===== Input data

//! The text output of `ebpf check`.

use crate::session::{Judgement, KernelAnswer, Session};
use crate::verdict::Fate;
use crate::verdict::findings::{Finding, FindingKey, Severity, SourceLocation};
use cli_common::kinds::Kind;
use cli_common::names::{EscapedName, last_part, write_value};
use cli_output::palette::{Palette, TextStyle};
use std::collections::{BTreeMap, BTreeSet};
use std::io::{self, Write};

/// The number of kernels that a line names where not all are listed.
const NAMED: usize = 3;

/// Writes the line of a kernel that is done.
pub fn write_kernel<W: Write>(
    out: &mut W,
    palette: Palette,
    kernel: &KernelAnswer,
    programs: usize,
) -> io::Result<()> {
    let name = EscapedName(kernel.name.as_str());
    let breaking = kernel.breaking();
    match &kernel.answer {
        Judgement::Unread(_) => {
            palette.write(out, TextStyle::Unsure, "unread")?;
            writeln!(out, "  -/{programs} programs  {name}")
        }
        Judgement::Judged(_) if breaking > 0 => {
            palette.write(out, TextStyle::Bad, "breaks")?;
            write!(out, "  {breaking}/{programs} programs  {name}")?;
            write_untargeted(out, kernel)
        }
        Judgement::Judged(_) => {
            let running = programs.saturating_sub(kernel.untargeted());
            palette.write(out, TextStyle::Good, "ok")?;
            write!(out, "      {running}/{programs} programs  {name}")?;
            write_untargeted(out, kernel)
        }
    }
}

/// Ends the line of a kernel: with the number of programs that have no target, where there are some.
fn write_untargeted<W: Write>(out: &mut W, kernel: &KernelAnswer) -> io::Result<()> {
    let untargeted = kernel.untargeted();
    if untargeted > 0 {
        write!(out, "  ({untargeted} no target)")?;
    }
    writeln!(out, "")
}

/// The name of the kernel of a number.
fn kernel_name(session: &Session, number: usize) -> EscapedName<'_> {
    match session.kernels.get(number) {
        Some(kernel) => EscapedName(kernel.name.as_str()),
        None => EscapedName(""),
    }
}

/// Writes a name, behind a comma where it isn't the first.
fn write_name<W: Write>(out: &mut W, name: EscapedName<'_>, is_first: bool) -> io::Result<()> {
    if is_first {
        write!(out, "{name}")
    } else {
        write!(out, ", {name}")
    }
}

/// Writes the names of kernels: all, or the first three and how many more there are.
fn write_names<W: Write>(out: &mut W, session: &Session, kernels: &[usize]) -> io::Result<()> {
    let count = kernels.len();
    let named = if session.all || count <= NAMED {
        count
    } else {
        NAMED
    };
    let mut is_first = true;
    for number in kernels.iter().take(named) {
        write_name(out, kernel_name(session, *number), is_first)?;
        is_first = false;
    }
    if named < count {
        let more = count - named;
        write!(out, " and {more} more")?;
    }
    Ok(())
}

/// Writes the kernels of a finding.
fn write_on<W: Write>(out: &mut W, session: &Session, kernels: &[usize]) -> io::Result<()> {
    let count = kernels.len();
    let judged = session.judged();
    write!(out, "on {count} of {judged}")?;
    if count >= judged {
        return Ok(());
    }
    write!(out, ": ")?;
    write_names(out, session, kernels)
}

/// Writes the program of a location, its slot and the function that the slot was copied from.
fn write_slot<W: Write>(out: &mut W, session: &Session, place: &SourceLocation) -> io::Result<()> {
    if let Some(program) = session.loaded.needs.programs.get(place.program) {
        let name = EscapedName(program.name.as_str());
        write!(out, "{name}")?;
    }
    if let Some(slot) = place.slot {
        write!(out, " slot {slot}")?;
    }
    if let Some((function, slot)) = &place.within {
        let function = EscapedName(function.as_str());
        write!(out, " ({function}+{slot})")?;
    }
    Ok(())
}

/// Writes the line of a location. Where the finding is there on some of its kernels alone, these are named.
fn write_place<W: Write>(
    out: &mut W,
    session: &Session,
    place: &SourceLocation,
    kernels: &[usize],
) -> io::Result<()> {
    write!(out, "    ")?;
    write_slot(out, session, place)?;
    if let Some(line) = &place.line {
        let file = EscapedName(last_part(line.file.as_str()));
        let number = line.number;
        write!(out, "  {file}:{number}")?;
    }
    if place.kernels.len() < kernels.len() {
        write!(out, "  (")?;
        write_on(out, session, &place.kernels)?;
        write!(out, ")")?;
    }
    writeln!(out, "")
}

/// Writes the kinds of question.
fn write_kinds<W: Write>(out: &mut W, kinds: &BTreeSet<Kind>) -> io::Result<()> {
    for kind in kinds.iter() {
        let kind = kind.word();
        write!(out, "<{kind}> ")?;
    }
    Ok(())
}

/// Writes the first line of a finding that is absent or refused: its name, the kinds of question, and the reason.
fn write_reason<W: Write>(out: &mut W, key: &FindingKey, kinds: &BTreeSet<Kind>) -> io::Result<()> {
    let name = EscapedName(key.name.as_str());
    write!(out, "  {name}  ")?;
    write_kinds(out, kinds)?;
    let reason = EscapedName(key.reason.as_str());
    writeln!(out, " {reason}")
}

/// Writes a finding that is absent or refused: its first line, the kernels, and the locations.
fn write_found<W: Write>(
    out: &mut W,
    session: &Session,
    key: &FindingKey,
    found: &Finding,
) -> io::Result<()> {
    write_reason(out, key, &found.kinds)?;
    write!(out, "    ")?;
    write_on(out, session, &found.kernels)?;
    writeln!(out, "")?;
    for place in found.places.values() {
        write_place(out, session, place, &found.kernels)?;
    }
    Ok(())
}

/// Writes the values that kernels give.
fn write_values<W: Write>(
    out: &mut W,
    session: &Session,
    is_signed: bool,
    values: &BTreeMap<u64, Vec<usize>>,
) -> io::Result<()> {
    for (value, kernels) in values.iter() {
        write!(out, "    ")?;
        write_value(out, is_signed, *value)?;
        write!(out, " on ")?;
        write_names(out, session, kernels)?;
        writeln!(out, "")?;
    }
    Ok(())
}

/// Writes a finding with other values: its name, the object's own value, and those of kernels.
fn write_changed<W: Write>(
    out: &mut W,
    session: &Session,
    key: &FindingKey,
    found: &Finding,
) -> io::Result<()> {
    let name = EscapedName(key.name.as_str());
    write!(out, "  {name}  ")?;
    if key.kind != Kind::EnumeratorValue {
        let kind = key.kind.word();
        write!(out, "<{kind}>  ")?;
    }
    if let Some(own) = found.own {
        write_value(out, key.is_signed, own)?;
    }
    writeln!(out, " in the object")?;
    write_values(out, session, key.is_signed, &found.values)
}

/// The line over the findings of a severity.
fn heading(severity: Severity) -> &'static str {
    match severity {
        Severity::Breaks => "BREAKS",
        Severity::NoTarget => "NO TARGET (not found, and not counted as broken)",
        Severity::Guarded => "GUARDED (absent, not reached)",
        Severity::Changed => "CHANGED (written; nothing to do)",
    }
}

/// The style of the line over the findings of a severity.
fn heading_style(severity: Severity) -> TextStyle {
    match severity {
        Severity::Breaks => TextStyle::Bad,
        Severity::NoTarget => TextStyle::Unsure,
        Severity::Guarded | Severity::Changed => TextStyle::Heading,
    }
}

/// Writes the line over the findings of a severity.
fn write_heading<W: Write>(out: &mut W, palette: Palette, severity: Severity) -> io::Result<()> {
    palette.write(out, heading_style(severity), heading(severity))?;
    writeln!(out, "")
}

/// Writes the findings of a severity under its heading, where there are some.
fn write_severity<W: Write>(out: &mut W, session: &Session, severity: Severity) -> io::Result<()> {
    if !session.has(severity) {
        return Ok(());
    }
    write_heading(out, session.palette, severity)?;
    for (key, found) in session.findings.by_key.iter() {
        if key.severity != severity {
            continue;
        }
        match severity {
            Severity::Changed => write_changed(out, session, key, found)?,
            _ => write_found(out, session, key, found)?,
        }
    }
    Ok(())
}

/// Writes the kconfig externs of the object.
fn write_settings<W: Write>(out: &mut W, session: &Session) -> io::Result<()> {
    if session.loaded.needs.settings.is_empty() {
        return Ok(());
    }
    session.palette.write(
        out,
        TextStyle::Heading,
        "WANTED (of the kernel's configuration; not looked for)",
    )?;
    writeln!(out, "")?;
    for name in session.loaded.needs.settings.iter() {
        let name = EscapedName(name.as_str());
        writeln!(out, "  {name}")?;
    }
    Ok(())
}

/// Writes that no program breaks, and the number of programs for which that isn't said: those without a target.
fn write_ok<W: Write>(out: &mut W, session: &Session) -> io::Result<()> {
    let file = EscapedName(session.file.as_str());
    let judged = session.judged();
    let programs = session.loaded.needs.programs.len();
    let untargeted = session.programs_with(Fate::NoTarget);
    let running = programs.saturating_sub(untargeted);
    write!(out, "{file}: ")?;
    session.palette.write(out, TextStyle::Good, "ok")?;
    write!(
        out,
        " on {judged} of {judged} kernels, {running} of {programs} programs"
    )?;
    match untargeted {
        0 => Ok(()),
        1 => write!(out, ", if 1 program without a target is left out"),
        _ => write!(
            out,
            ", if {untargeted} programs without a target are left out"
        ),
    }
}

/// Writes the last line: on how many kernels how many programs break or run.
fn write_summary<W: Write>(out: &mut W, session: &Session) -> io::Result<()> {
    let file = EscapedName(session.file.as_str());
    let judged = session.judged();
    let programs = session.loaded.needs.programs.len();
    let broken = session.broken();
    let breaking = session.programs_with(Fate::Breaks);
    if judged == 0 {
        write!(out, "{file}: no kernel to tell of")?;
    } else if broken > 0 {
        write!(out, "{file}: ")?;
        session.palette.write(out, TextStyle::Bad, "breaks")?;
        write!(
            out,
            " on {broken} of {judged} kernels, {breaking} of {programs} programs"
        )?;
    } else {
        write_ok(out, session)?;
    }
    let unread = session.unread();
    if unread > 0 {
        write!(out, "; {unread} not read")?;
    }
    writeln!(out, "")
}

/// Writes the findings over all kernels, behind the lines of the kernels.
pub fn write_findings<W: Write>(out: &mut W, session: &Session) -> io::Result<()> {
    writeln!(out, "")?;
    write_severity(out, session, Severity::Breaks)?;
    write_severity(out, session, Severity::NoTarget)?;
    write_severity(out, session, Severity::Guarded)?;
    write_severity(out, session, Severity::Changed)?;
    write_settings(out, session)?;
    if !session.findings.by_key.is_empty() || !session.loaded.needs.settings.is_empty() {
        writeln!(out, "")?;
    }
    write_summary(out, session)
}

==========

▸ Problem to work on: In the material above, how many lines include the string "that"? Please reply with the number only.

▸ Response: 8